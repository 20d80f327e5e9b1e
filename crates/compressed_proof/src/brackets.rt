//! The brackets: the labels in them, and the letters behind them.

ghost use Rattle.std.specs.Prelude.{◌≡◌, ◌≤◌, length, drop, true, codes, vec_len, IfOk, IfErr};
ghost use Rattle.std.specs.Str.{bytes_eq};
ghost use Rattle.mm_model.specs.Words.{words_from};
ghost use Rattle.proof_model.specs.ProofCode.{is_bracketed, labels_of, letters_of};
ghost use Rattle.compressed_proof.specs.Parts.{letters_from, IsListed, IsNotClosed, IsNotBracketed};

use crate::fault::CodeFault;
use mm_base::{List, Memory, Name};
use mm_tokens::next_word;
use std::alloc::Global;

/// The labels in the brackets, and the place behind the closing bracket.
#[derive(Drop)]
pub(crate) struct Brackets {
    pub(crate) labels: Vec<Name>,
    pub(crate) end: usize,
}

fn is_open(word: &[u8]) -> bool
    ensures { result ≡ bytes_eq word.now (codes "(") }
{
    word == b"(".as_slice()
}

fn is_close(word: &[u8]) -> bool
    ensures { result ≡ bytes_eq word.now (codes ")") }
{
    word == b")".as_slice()
}

/// The labels before the first `)`.
fn read_labels(alloc: Global, text: &[u8], from: usize) -> Result<Brackets, CodeFault>
    requires { from ≤ length text.now }
    ensures within { IfOk result (λ b. b.end ≤ length text.now) }
    ensures count { IfOk result (λ b. vec_len b.labels ≤ length text.now) }
    ensures read { IfOk result (λ b. IsListed (words_from from (drop from text.now)) b.labels.items (words_from b.end (drop b.end text.now))) }
    ensures open { IfErr result (λ e. IsNotClosed (words_from from (drop from text.now)) e) }
{
    let mut labels = Vec::new(alloc);
    let mut at = from;
    while let Some((start, end)) = next_word(text, at) {
        let word = &text[start..end];
        at = end;
        if is_close(word) {
            return Ok(Brackets { labels, end });
        }
        labels.push(List::copy_of(alloc, word)?)?;
    }
    Err(CodeFault::NoBracket(0))
}

/// The labels in the brackets.
pub(crate) fn read_brackets(alloc: Global, text: &[u8]) -> Result<Brackets, CodeFault>
    ensures within { IfOk result (λ b. b.end ≤ length text.now) }
    ensures count { IfOk result (λ b. vec_len b.labels ≤ length text.now) }
    ensures bracketed { IfOk result (λ b. is_bracketed text.now ≡ true) }
    ensures labels { IfOk result (λ b. b.labels.items ≡ labels_of text.now) }
    ensures letters { IfOk result (λ b. letters_from b.end text.now ≡ letters_of text.now) }
    ensures none { IfErr result (λ e. IsNotBracketed text.now e) }
{
    let Some((start, end)) = next_word(text, 0) else {
        return Err(CodeFault::NoBracket(0));
    };
    if !is_open(&text[start..end]) {
        return Err(CodeFault::NoBracket(0));
    }
    read_labels(alloc, text, end)
}

/// The letters from a place on, in one run.
pub(crate) fn join_letters(alloc: Global, text: &[u8], from: usize) -> Result<Vec<u8>, Memory>
    requires { from ≤ length text.now }
    ensures letters { IfOk result (λ letters. letters.items ≡ letters_from from text.now) }
    ensures count { IfOk result (λ letters. length letters.items ≤ length text.now) }
{
    let mut letters = Vec::new(alloc);
    let mut at = from;
    while let Some((start, end)) = next_word(text, at) {
        letters.extend_from_slice(&text[start..end])?;
        at = end;
    }
    Ok(letters)
}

# # # #

Directions - Within the material, find all lines that hold the word "place" and show them.

Response to the exercise -
/// The labels in the brackets, and the place behind the closing bracket.
/// The letters from a place on, in one run.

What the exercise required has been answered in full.